After some time, I could hear a mild activity at the rough parking lot, noises indicating people are walking in. Now I started breathing calmly and smoothly. The way they trudged in rough clothing, I assumed them to be the fishermen. I notice a couple, possibly wife and husband walking down to the makeshift wharf. I saw the man checking the engine of the boat, the wife, nets, and wares to haul out the water. A few minutes later, I hear the whirr of the engine from shadows, and the boat slides into a watery expanse of unveiling morning flicker.
Following that, my eyes spotted an older man, almost leaning with age, good enough to retire and relax at home. I observed parking his bicycle. His gait appeared much slower as he moved toward his boat that seemed smaller than the others moored alongside. In the boat’s belly, I saw him fixing, but in the darkness, it wasn’t clear much what he was working on. A few minutes later, his boat’s engine too sputtered to life and disappeared into the arms of silence and shadows.

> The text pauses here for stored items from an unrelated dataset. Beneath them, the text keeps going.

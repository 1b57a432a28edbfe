//! Lines of legal moves, counted.
use cq_moves::{is_legal, legal_moves, play};
use cq_position::{Position, read_fen};
use std::test::Fail;

// Returns the number of lines of so many legal moves from a position.
fn perft(position: &Position, depth: u32) -> u64 {
    let moves = legal_moves(position);
    if depth <= 1 {
        return moves.len() as u64;
    }
    let mut count = 0u64;
    for m in moves.as_slice() {
        if is_legal(position, *m) {
            count = count.saturating_add(perft(&play(position, *m), depth - 1));
        }
    }
    count
}

const START: &[u8] = b"rnbqkbnr/pppppppp/8/8/8/8/PPPPPPPP/RNBQKBNR w KQkq - 0 1";

const CASTLING: &[u8] = b"r3k2r/p1ppqpb1/bn2pnp1/3PN3/1p2P3/2N2Q1p/PPPBBPPP/R3K2R w KQkq - 0 1";

const PAWNS: &[u8] = b"8/2p5/3p4/KP5r/1R3p1k/8/4P1P1/8 w - - 0 1";

const CHECKED: &[u8] = b"r3k2r/Pppp1ppp/1b3nbN/nP6/BBP1P3/q4N2/Pp1P2PP/R2Q1RK1 w kq - 0 1";

const PROMOTING: &[u8] = b"rnbq1k1r/pp1Pbppp/2p5/8/2B5/8/PPP1NnPP/RNBQK2R w KQ - 1 8";

// The counts that chess programmers publish for these positions ("perft").
static PUBLISHED: [(&[u8], u32, u64); 17] = [
    (START, 1, 20),
    (START, 2, 400),
    (START, 3, 8_902),
    (START, 4, 197_281),
    (CASTLING, 1, 48),
    (CASTLING, 2, 2_039),
    (CASTLING, 3, 97_862),
    (PAWNS, 1, 14),
    (PAWNS, 2, 191),
    (PAWNS, 3, 2_812),
    (PAWNS, 4, 43_238),
    (CHECKED, 1, 6),
    (CHECKED, 2, 264),
    (CHECKED, 3, 9_467),
    (PROMOTING, 1, 44),
    (PROMOTING, 2, 1_486),
    (PROMOTING, 3, 62_379),
];

fn perft_of(fen: &[u8], depth: u32) -> Result<u64, Fail> {
    Ok(perft(&read_fen(fen)?, depth))
}

#[test]
fn lines_are_as_many_as_published(rt: HostRuntime) -> Result<(), Fail> {
    for (fen, depth, count) in PUBLISHED.iter() {
        assert!(rt; perft_of(fen, *depth)? == *count);
    }
    Ok(())
}
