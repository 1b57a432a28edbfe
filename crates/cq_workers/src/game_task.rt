//! The task of a worker on the games that it draws.
ghost use Rattle.std.specs.Prelude.{◌<◌, ◌≡◌, ℕ, List, IfOk};
ghost use Rattle.cq_workers.specs.Outputs.{AddsOutput};

use cq_common::NoMemory;
use std::alloc::Global;

/// The task of a worker on a game that it drew.
pub trait GameTask {
    /// The output of a game.
    type Output: Send + Drop;

    /// The state that a worker keeps from game to game.
    type State: Send + Drop;

    /// The number of games.
    ghost games: { Self → ℕ };

    /// A worker with this state made these outputs of the games with these numbers.
    ghost has_outputs: { Self → Self.State → List ℕ → List Self.Output → Type 0 };

    /// Returns the number of games.
    fn len(&self) -> u64
        ensures { result ≡ games self.now };

    /// Returns the output of the worker `me` for the game with this number, or `None` if it skips the game.
    ///
    /// # Errors
    ///
    /// `NoMemory` if out of memory.
    fn make(
        &self,
        alloc: Global,
        me: u64,
        number: u64,
        kept: &mut Self::State,
    ) -> Result<Option<Self::Output>, NoMemory>
        requires number { number < games self.now }
        requires before { (numbers : List ℕ) × (made : List Self.Output) × has_outputs self.now kept.old numbers made }
        ensures { IfOk result (λ one. AddsOutput (has_outputs self.now) number kept.old kept.new one) };
}
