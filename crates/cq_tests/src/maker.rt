//! Archives that an independent model made.
use cq_common::NoMemory;
use cq_maker::laws::games_are_read_back;
use cq_maker::make_archive;
use std::alloc::Global;
use std::test::Fail;

/// A seed, a number of games, and their archive.
type MakerCase<'a> = (u32, u32, &'a str);

static ROWS: [MakerCase<'static>; 3] = [
    (4_294_967_295, 0, ""),
    (
        67,
        1,
        "[Event \"Selfrun\"]
[Site \"?\"]
[Date \"????.??.??\"]
[Round \"1\"]
[White \"?\"]
[Black \"?\"]
[Result \"1-0\"]

1. d4 e5 2. Kd2 Nc6 3. f4 h5 4. g4 (4. h3) 4... b6 5. Kc3 Nb4 6. Kc4 Qg5 7. h4
Bd6 8. Rh2 Qxh4 9. Rf2 exf4 10. Bxf4 Qh2 11. Kb3 Rh7 12. Bg5 c6 13. Bd8 g6 14.
Be7 Qh4 15. c4 Na6 16. Qc1 f6 17. Qh6 Qh2 18. Qf8# 1-0

",
    ),
    (
        1,
        2,
        "[Event \"Selfrun\"]
[Site \"?\"]
[Date \"????.??.??\"]
[Round \"1\"]
[White \"?\"]
[Black \"?\"]
[Result \"*\"]

1. e4 f5 2. Nh3 e5 3. Ba6 Nh6 4. Nf4 Ng8 5. Qf3 Nxa6 6. b3 exf4 7. Qg3 f3 8.
Na3 Kf7 9. Qd6 fxg2 10. Qe7+ Nxe7 11. h3 Nc6 12. Nc4 gxh1=B 13. d4 g5 14. h4
Ke7 15. d5 Ncb8 16. a4 g4 17. Na5 Bg2 *

[Event \"Selfrun\"]
[Site \"?\"]
[Date \"????.??.??\"]
[Round \"2\"]
[White \"?\"]
[Black \"?\"]
[Result \"*\"]

1. Nf3 e6 2. Ng1 f5 3. f4 e5 4. fxe5 Nh6 5. Na3 a5 6. Nf3 c6 7. g3 Qe7 8. Bh3
(8. d3) 8... c5 9. Nb1 Nf7 10. O-O Qd6 11. e3 Qb6 12. Kg2 Nxe5 13. Ng1 Nc4 14.
g4 Qb5 15. Rf4 g5 16. Kg3 Qb6 17. e4 Qg6 18. exf5 Ra7 19. Kf3 Ke7 20. d3 *

",
    ),
];

// Returns true if the archive is that of the row; no row has more than 100,000 games.
fn is_right(alloc: Global, row: &MakerCase<'_>) -> Result<bool, NoMemory> {
    if row.1 > 100_000 {
        return Ok(false);
    }
    let archive = make_archive(alloc, row.0, row.1)?;
    Ok(archive.as_slice() == row.2.as_bytes())
}

#[test]
fn archives_are_made(rt: HostRuntime) -> Result<(), Fail> {
    games_are_read_back();
    for row in ROWS.iter() {
        assert!(rt; is_right(rt.alloc(), row)?);
    }
    Ok(())
}
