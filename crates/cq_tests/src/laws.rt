//! Laws of cuts, of readers and of lines, which nothing else calls, and the conditions of those of lines on a game.
use cq_common::Refusal;
use pgn_cut_laws::{markers_end_games, split_games_are_read_alike};
use pgn_json::{
    games_have_valid_nodes, lines_are_json, lines_are_utf8, same_lines_have_the_same_game,
    strings_are_read_back, texts_are_bytes,
};
use pgn_pieces::pieces_cover_their_archive;
use pgn_reader::{GameFault, read_game};
use std::alloc::Global;

/// A game with a tag that needs an escape and is no UTF-8, comments, glyphs, a variation and a null move.
const GAME: &[u8] =
    b"[White \"a\\\"b\xe9\"] {at the start} 1. e4 $1 $3 {CQL} {x\xc3\xa9} (1. -- e5) 1... c5 1-0";

fn is_kept_with_bytes(alloc: Global) -> Result<bool, Refusal<GameFault>> {
    let game = read_game(alloc, GAME, 0, true)?;
    Ok(games_have_valid_nodes(&game) && texts_are_bytes(&game))
}

#[test]
fn a_game_has_what_the_laws_of_lines_ask(rt: HostRuntime) -> Result<(), Refusal<GameFault>> {
    assert!(rt; is_kept_with_bytes(rt.alloc())?);
    Ok(())
}

#[test]
fn laws_are_called() {
    pieces_cover_their_archive();
    markers_end_games();
    split_games_are_read_alike();
    strings_are_read_back();
    lines_are_json();
    lines_are_utf8();
    same_lines_have_the_same_game();
}
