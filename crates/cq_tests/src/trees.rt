//! Paths of games' trees.
use cq_common::{NoMemory, Refusal};
use pgn_reader::{GameFault, read_game};
use pgn_tree::Game;
use std::alloc::Global;

/// The nodes are the root, e4, e5, d4, c4.
const BRANCHED: &[u8] = b"1. e4 (1. d4) (1. c4) e5 *";

/// Two nodes, and the path down from the first to the second.
type PathCase<'a> = (u32, u32, Option<&'a [u32]>);

static PATHS: [PathCase<'static>; 5] = [
    (0, 2, Some(&[0, 1, 2])),
    (0, 4, Some(&[0, 4])),
    (1, 1, Some(&[1])),
    (1, 3, None),
    (2, 0, None),
];

// Returns true if this is the path, and false if the numbers are no nodes.
fn has_path(game: &Game, path: &PathCase<'_>) -> Result<bool, NoMemory> {
    let (from, to, want) = *path;
    if from >= game.len() || to >= game.len() {
        return Ok(false);
    }
    match (game.down_path(from, to)?, want) {
        (Some(path), Some(want)) => Ok(path.as_slice() == want),
        (None, None) => Ok(true),
        _ => Ok(false),
    }
}

fn has_paths(game: &Game) -> Result<bool, NoMemory> {
    for path in PATHS.iter() {
        if !has_path(game, path)? {
            return Ok(false);
        }
    }
    Ok(true)
}

fn has_main_line(game: &Game, line: &[u32]) -> Result<bool, NoMemory> {
    Ok(game.main_line()?.as_slice() == line)
}

fn has_paths_and_line(game: &Game) -> Result<bool, Refusal<GameFault>> {
    Ok(has_paths(game)? && has_main_line(game, &[0, 1, 2])?)
}

fn tells_its_paths(alloc: Global, text: &[u8]) -> Result<bool, Refusal<GameFault>> {
    let game = read_game(alloc, text, 0, true)?;
    has_paths_and_line(&game)
}

#[test]
fn trees_tell_their_paths(rt: HostRuntime) -> Result<(), Refusal<GameFault>> {
    assert!(rt; tells_its_paths(rt.alloc(), BRANCHED)?);
    Ok(())
}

It’s hard to imagine the daily struggle, the discipline they are tending, and their daily cycle of risks to earn their net-full of harvest. I witnessed in this working-class meeting and living the life going against the currents and the routine that deprives their bodies of a good night’s sleep. I was amazed at the activity when a man got his boat ready, and his kid, I guess, also climbed into the boat who seemed hardly five, perhaps learning his father’s craft a tad too early!
These pre-dawn portraits of hard work moving through the darkness have shocked me out of complacency. Never had I any opportunity, before, to attempt a peek at the demands of these daily tribulations.
Why? I have a reason to rationalize myself: it’s all about the cocoon of entitlement of life I live in, the comforts I relish, I must confess, the easygoing attitude deeply fixed inside me, to be honest, it’s the small-mindedness to engage in any charitable outlook.
I realised how little I’m aware of the risky lives they lead. These fishermen’s world of hardworking showed up with an altogether different meaning. I saw them having become a part of the river, fused with its smells, bountifulness, and ferocity. Raising before dawn, their deep love for the river and fishing craft insecurely interlaced with adventure and unsafe life. I can’t help but imagine the uncertain options their families brave altogether.
Shamefully, I admit, such details of precarious lives which so far I never knew existed?
I stood there on the rain-beaten steps that led to the River, a little awkwardly; my expensive camera gear perched on the tripod not to miss the tones the foggy morning sky spraying on the boats, on the waters, and at the far horizons. Bringing together the boats and its inmates into the view-finder, peering at them, I felt awfully guilty. The irony was unmissable. I wonder for a moment centering at the pairs: father and son, brother and sister, wife and husband, a lonely aged man holding an oar, far away in turbulent waters braving for a livelihood with humility, their grace, and braveness reflecting on my high-priced lens as I click down the shutter button.
My humane response to this episode has been something different, something revelatory. It’s like asking me to reflect: how often do you see the raw realities of life and how stinging to infer the pain around. Going back home, all the intense images now digitally saved, I get a feeling I’m carrying their anguish behind in my car. I felt empathic, more humble than I was before, but I know the fact remains, perhaps I can’t switch off what I have witnessed today for a long time.